(Stored items)
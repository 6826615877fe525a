//! The lines on which the rows of a header stand.

ghost use Rattle.std.specs.Prelude.{◌≡◌};
ghost use Rattle.sx_lines.specs.Lines.{lines_from};
ghost use Rattle.sx_lines.specs.Reading.{kept};
ghost use Rattle.sx_headers.specs.HeaderRows.{number_at};

use sx_lines::Rest;

/// The number of the line of the row with this number, from 0, in the header of a file with these
/// bytes. Past the last line it is that of a line that is missing. Lines past 4,294,967,294 have
/// all the number 4,294,967,295.
pub fn row_line(bytes: &[u8], row: usize) -> u32
    ensures { result ≡ number_at (kept (lines_from 1 bytes.now)) row }
{
    let mut rest = Rest::all(bytes);
    for _ in 0..row {
        match rest.next_kept() {
            Ok((_, more)) => rest = more,
            Err(e) => return e.number,
        }
    }
    match rest.next_kept() {
        Ok((line, _)) => line.number,
        Err(e) => e.number,
    }
}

## ABOUT THIS EXERCISE
Copy exactly, and only, the lines from the line that contains "for _ in 0..row" through the end of the data above.

## EXERCISE RESULT
    for _ in 0..row {
        match rest.next_kept() {
            Ok((_, more)) => rest = more,
            Err(e) => return e.number,
        }
    }
    match rest.next_kept() {
        Ok((line, _)) => line.number,
        Err(e) => e.number,
    }
}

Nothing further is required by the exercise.